Eduardo Cunha é também o autor de um projeto de lei que visa endurecer a criminalização do aborto – que já é ilegal no Brasil –, tornando-o mais difícil para vítimas de violação e punindo com prisão quem induzir ou auxiliar uma mulher a interromper a gravidez, entre outras medidas. O Código Penal brasileiro prevê penas de prisão de um a três anos em caso de aborto e apenas permite interrupção voluntária da gravidez no sistema de saúde pública em casos de violação, quando a gravidez põe em risco a vida da mulher ou quando o feto é anencéfalo (anomalia congénita que se caracteriza pela ausência de cérebro). Em caso de violação, a mulher pode ser diretamente atendida por um médico sem ter de apresentar um relatório policial. Mas a proposta de lei de Cunha pretende mudar isso, exigindo a apresentação prévia de um exame e de um relatório policial comprovando a ocorrência de abuso sexual. O texto também prevê um agravamento penal para o anúncio ou uso de substâncias abortivas.

O projeto foi aprovado na semana passada por unanimidade na Comissão de Constituição e Justiça e de Cidadania da Câmara dos Deputados e deverá ir a votação no plenário na próxima semana. Em Fevereiro, quando assumiu a liderança da Câmara de Deputados, declarou que a legalização do aborto só seria votada por cima do seu cadáver.

“De alguma forma, esse projeto coloca o aborto como um crime maior do que a violação”, diz Clara Guimarães, uma psicóloga de 33 anos. Clara não tem muita esperança de que a mobilização tenha impacto direto em Brasília. “Acho difícil. Esse Congresso é o mais conservador de sei lá quantos anos. Os políticos conservadores são os mais votados – Jair Bolsonaro, Eduardo Cunha…”

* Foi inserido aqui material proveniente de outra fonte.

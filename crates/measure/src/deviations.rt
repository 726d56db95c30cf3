ghost use Rattle.std.specs.Prelude.{◌≡◌, length, MatchResult};
ghost use Rattle.measure.specs.Deviation.{edge_deviation, polygon_deviation};
ghost use Rattle.measure.specs.Widest.{DeviationIsWidest, PolygonIsWidest};
ghost use Rattle.outline.specs.Plain.{plain};
ghost use Rattle.outline.specs.Polygon.{Polygon};
ghost use Rattle.outline.specs.declared.refusal.Refusal.TheVariants.{NoPolygon};

use super::fraction::Fraction;
use super::meter::Measure;
use super::tolerance::deviation_within;
use outline::{Outline, Refusal};

// The deviation of edge i, j.
pub fn deviation<M: Measure>(measure: &M, outline: &Outline, i: usize, j: usize) -> Option<Fraction>
    ensures { result ≡ edge_deviation (M.Measure.strays measure.now) (plain outline.now).points i j }
{
    deviation_within(measure, outline, i, j, Fraction::largest())
}

// The deviation of a polygon of the outline.
pub fn polygon_deviation<M: Measure>(
    measure: &M,
    outline: &Outline,
    list: &[u16],
) -> Result<Fraction, Refusal>
    ensures { MatchResult result (λ d. Polygon (length (plain outline.now).points) list.now × (d ≡ polygon_deviation (edge_deviation (M.Measure.strays measure.now) (plain outline.now).points) list.now)) (λ e. (Polygon (length (plain outline.now).points) list.now → ⊥) × (e ≡ NoPolygon)) }
{
    if !outline.is_polygon(list) {
        return Err(Refusal::NoPolygon);
    }
    let mut widest = Fraction::zero();
    // The list begins with point 0, which no edge leads to from itself.
    let mut from = 0;
    for vertex in list {
        let to = *vertex as usize;
        widest = widest.widened(deviation(measure, outline, from, to));
        from = to;
    }
    Ok(widest)
}

// The deviation of an edge is 0/1 or a fraction of one of its points, and none of them is above it.
pub fn deviation_is_widest()
    ensures { DeviationIsWidest }
{}

// The deviation of a polygon is 0/1 or the deviation of one of its edges, and none of them is above it.
pub fn polygon_is_widest()
    ensures { PolygonIsWidest }
{}
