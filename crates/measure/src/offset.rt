ghost use Rattle.std.specs.Prelude.{◌≡◌, ◌^◌, ◌≤◌, ◌-ℤ◌, ◌*ℤ◌, unsigned_abs};
ghost use Rattle.measure.specs.Distances.{cols, rows, square as square_of, squared_length};

use outline::Point;

pub(crate) fn square(x: i32) -> u64
    ensures value { result ≡ square_of x }
    ensures bound { result ≤ 2 ^ 62 }
{
    let size = x.unsigned_abs() as u64;
    size * size
}

// The squared length of a step by x columns and y rows.
pub(crate) fn square_length(x: i32, y: i32) -> u64
    ensures { result ≡ squared_length x y }
{
    square(x) + square(y)
}

// The squared distance of two points.
pub(crate) fn square_distance(u: Point, v: Point) -> u64
    ensures { result ≡ squared_length (cols u v) (rows u v) }
{
    let (right, down) = u.offset(v);
    square_length(right, down)
}

// a × b - c × d, where all four are differences within an outline.
pub(crate) fn products_apart(a: i32, b: i32, c: i32, d: i32) -> i32
    requires { (unsigned_abs a ≤ 255) × ((unsigned_abs b ≤ 255) × ((unsigned_abs c ≤ 255) × (unsigned_abs d ≤ 255))) }
    ensures { result ≡ a *ℤ b -ℤ c *ℤ d }
{
    a * b - c * d
}
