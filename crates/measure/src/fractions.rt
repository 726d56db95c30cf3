ghost use Rattle.std.specs.Prelude.{◌≡◌, ◌^◌, ◌<◌, ◌≤◌, Some};
ghost use Rattle.measure.specs.Fractions.{fraction, taken, zero as zero_of, largest as largest_of, above, wider as wider_of, widened as widened_by};
ghost use Rattle.measure.specs.Order.{TotalOrder};
ghost use Rattle.measure.specs.Texts.{fraction_text};

use super::fraction::Fraction;
use outline::Refusal;
use std::fmt;

impl Fraction {
    // The fraction of two numbers, where they are in bounds.
    pub fn new(top: u64, bottom: u64) -> Result<Fraction, Refusal>
        ensures { result ≡ taken (fraction top bottom) }
    {
        if top >= 1 << 40 || bottom == 0 || bottom > 1 << 20 {
            return Err(Refusal::Tolerance);
        }
        Ok(Fraction::of(top, bottom as u32))
    }

    // The fraction of two numbers that are known to be in bounds.
    pub(crate) fn of(top: u64, bottom: u32) -> Fraction
        requires { (top < 2 ^ 40) × ((1 ≤ bottom) × (bottom ≤ 2 ^ 20)) }
        ensures { Some result ≡ fraction top bottom }
    {
        Fraction { top, bottom }
    }

    // 0/1
    pub fn zero() -> Fraction
        ensures { result ≡ zero_of }
    {
        Fraction { top: 0, bottom: 1 }
    }

    // The largest value: 2^40 - 1 over 1.
    pub fn largest() -> Fraction
        ensures { result ≡ largest_of }
    {
        Fraction {
            top: (1 << 40) - 1,
            bottom: 1,
        }
    }

    pub fn top(self) -> u64
        ensures { result ≡ self.top }
    {
        self.top
    }

    pub fn bottom(self) -> u32
        ensures { result ≡ self.bottom }
    {
        self.bottom
    }

    // Whether the value is greater than another's.
    pub fn is_above(self, other: Fraction) -> bool
        ensures { result ≡ above self other }
    {
        other.top * (self.bottom as u64) < self.top * (other.bottom as u64)
    }

    // The new fraction where it is greater, else this one.
    pub fn wider(self, new: Fraction) -> Fraction
        ensures { result ≡ wider_of self new }
    {
        if new.is_above(self) { new } else { self }
    }

    // The same for a fraction that may be missing.
    pub fn widened(self, new: Option<Fraction>) -> Fraction
        ensures { result ≡ widened_by self new }
    {
        new.map_or(self, |f| self.wider(f))
    }

    // Comparing by cross products is a total order of the values.
    pub fn order_is_total()
        ensures { TotalOrder }
    {}
}

impl fmt::Display for Fraction {
    ghost output = { λ f. Some (fraction_text f) };

    fn fmt<W: fmt::Write>(&self, f: &mut fmt::Formatter<W>) -> fmt::Result {
        write!(f, "{}/{}", self.top, self.bottom)
    }
}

Cunha tornou-se presidente da Câmara dos Deputados graças ao apoio das bancadas mais conservadoras e moralistas – conhecidas como bancada Bala, Boi e Bíblia, por representarem os interesses das indústrias securitárias, agropecuárias e das igrejas, com destaque para as evangélicas – e é essa maioria parlamentar que lhe serve agora de escudo de proteção para se manter no cargo. Cunha tem feito por fortalecer essa aliança: só na última semana acelerou a votação de propostas legislativas polémicas que correspondem às prioridades dos parlamentares conservadores e que se encontravam em ponto morto, mais coisa, menos coisa – como um projecto que liberaliza o porte de armas, uma proposta de emenda constitucional que tornará mais difícil a reclamação de terras indígenas e o PL 5069, que data de 2013, cuja autoria é assinada por 13 deputados, todos homens, muitos deles evangélicos.